Sometimes when she talked about her salon he thought of other things, but today he actually found himself listening and wondering about this other world, so far removed from his, and even further removed from the Earl of Flaxborough’s. How many worlds there were.

‘That’s the thing with hairdressing. You get people who’re good with hair and useless with people and you get people who’re good with people and useless with hair.’

He smiled. They shared a problem – the inadequacy of underlings.

‘If you get somebody who’s good with hair and people it’s like gold, and then they emigrate to Dubai, and they never come back. There must be millions of hairdressers in Dubai. I don’t know how you do it, finding people for eleven manufacturing companies plus your financial empire and your property portfolio and all your ancillary activities.’

He had once used the phrase ‘my property portfolio and my ancillary activities’ to her, to explain the cancellation of that month’s visit, and she was one of those dangerous people who remember every single thing that is said to them.

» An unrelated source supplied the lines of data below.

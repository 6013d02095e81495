//! What all threads of a program count.
use crate::ledger::Ledger;
use crate::links::Links;
use crate::traffic::{RemoteTotals, Totals, Traffic};
use std::alloc::{AllocError, Global};

/// What all threads of a program count, and which links are held.
#[derive(Drop)]
pub struct Tallies {
    /// Counted by the main thread.
    pub own: Traffic,
    /// Counted by each worker.
    pub workers: Vec<Traffic>,
    pub ledger: Ledger,
    pub links: Links,
}

impl Tallies {
    /// All counts at 0, for this many workers and remote entities.
    pub fn new(alloc: Global, workers: usize, remotes: usize) -> Result<Tallies, AllocError> {
        let mut all = Vec::with_capacity(alloc, workers)?;
        for _ in 0..workers {
            all.push(Traffic::new(alloc, remotes)?)?;
        }
        Ok(Tallies {
            own: Traffic::new(alloc, remotes)?,
            workers: all,
            ledger: Ledger::new(alloc)?,
            links: Links::new(alloc, remotes)?,
        })
    }

    /// The sums over all threads.
    pub fn totals(&self) -> Totals {
        let mut totals = Totals::default();
        self.own.add_to(&mut totals);
        for worker in &self.workers {
            worker.add_to(&mut totals);
        }
        totals
    }

    /// The sums over all threads for the remote entity at a place of the configuration.
    pub fn remote_totals(&self, place: usize) -> RemoteTotals {
        let mut totals = RemoteTotals::default();
        self.own.add_remote_to(place, &mut totals);
        for worker in &self.workers {
            worker.add_remote_to(place, &mut totals);
        }
        totals
    }

    /// Makes all threads note from now on when remote entities are heard.
    pub fn hear(&self) {
        self.own.hear();
        for worker in &self.workers {
            worker.hear();
        }
    }

    /// When the last PDU came from the remote entity at a place of the configuration, in milliseconds since 1970.
    /// `None` if none came, or none was noted.
    pub fn heard(&self, place: usize) -> Option<u64> {
        let mut last = self.own.heard(place);
        for worker in &self.workers {
            last = last.max(worker.heard(place));
        }
        if last == 0 { None } else { Some(last) }
    }
}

‘This is very nice, Mandy.’

He really meant it and she knew that he meant it and she blushed slightly again and he felt the first tingle of returning desire. Maybe … maybe he wouldn’t tell her till after their second helping.

‘Would you like a second helping?’

Her timing was immaculate, and completely innocent.

‘Thank you. I would. Very much.’

Over his second helping he found himself making a request. He, making a request to her!

‘Tell me more about the new girl. The one who’s not good with people.’

‘Why?’

‘I like hearing you talk.’

Forget Hackney. It was Blush City, Arizona.

‘She talks too much. I think they’ve told her in training that’s what you do. Hairdressers can be overtrained.’

‘Like footballers.’

‘I was sorry you lost on Saturday. I always look for the scores.’

‘Yes. Unfortunate. Go on. In what way does she talk too much?’

‘Asks questions. I mean, the sort of women I get, they nod off or read magazines. They don’t want her saying, “Are you doing anything exciting this weekend?” Because most of them aren’t, and if they were they wouldn’t tell her, would they?’

She chatted away and he didn’t have to say much in reply and actually to his surprise he found it not unbearably boring to hear about this other world. There was apple crumble; he praised it and asked her if she’d made it herself and she said it was from Waitrose. They finished the bottle and he assured her three times that it was nice and she said, ‘I won’t wash up,’ which was the nearest she would ever get to ‘How about another fuck?’

This was one of his best evenings with her and he was amazed to find how much more he was enjoying it than his visit to Flaxborough Hall. He felt a twinge of pity for the eighteenth Earl, who would never hear anything about Hair Hunters of Hackney. The meal had been much better than usual, really quite edible, and she had worked hard over it, and it would have seemed heartless to have said, after that, ‘Mandy, this can’t go on, you know.’ So he didn’t.

This time he relished her unfashionable fleshiness, her large untrendy breasts, her full cheeks, her generous lips, the pleasure in her pale blue eyes. She once, in a rare moment of post-coital candour, had told him that his power turned her on, that it was exciting not to have been entered by her friend, the traffic warden, but by a man who had eleven manufacturing outlets in England alone. (Not to mention his property portfolio and his ancillary activities, though she hadn’t mentioned those on that occasion.)

This second coming was so gentle, so relaxed, so slow, so synchronized, so lovely. You really could almost have believed that there was real emotion in it. You could almost have believed that he felt real affection for her. You could almost have believed – oh, he hoped not – that she felt some kind of love for him.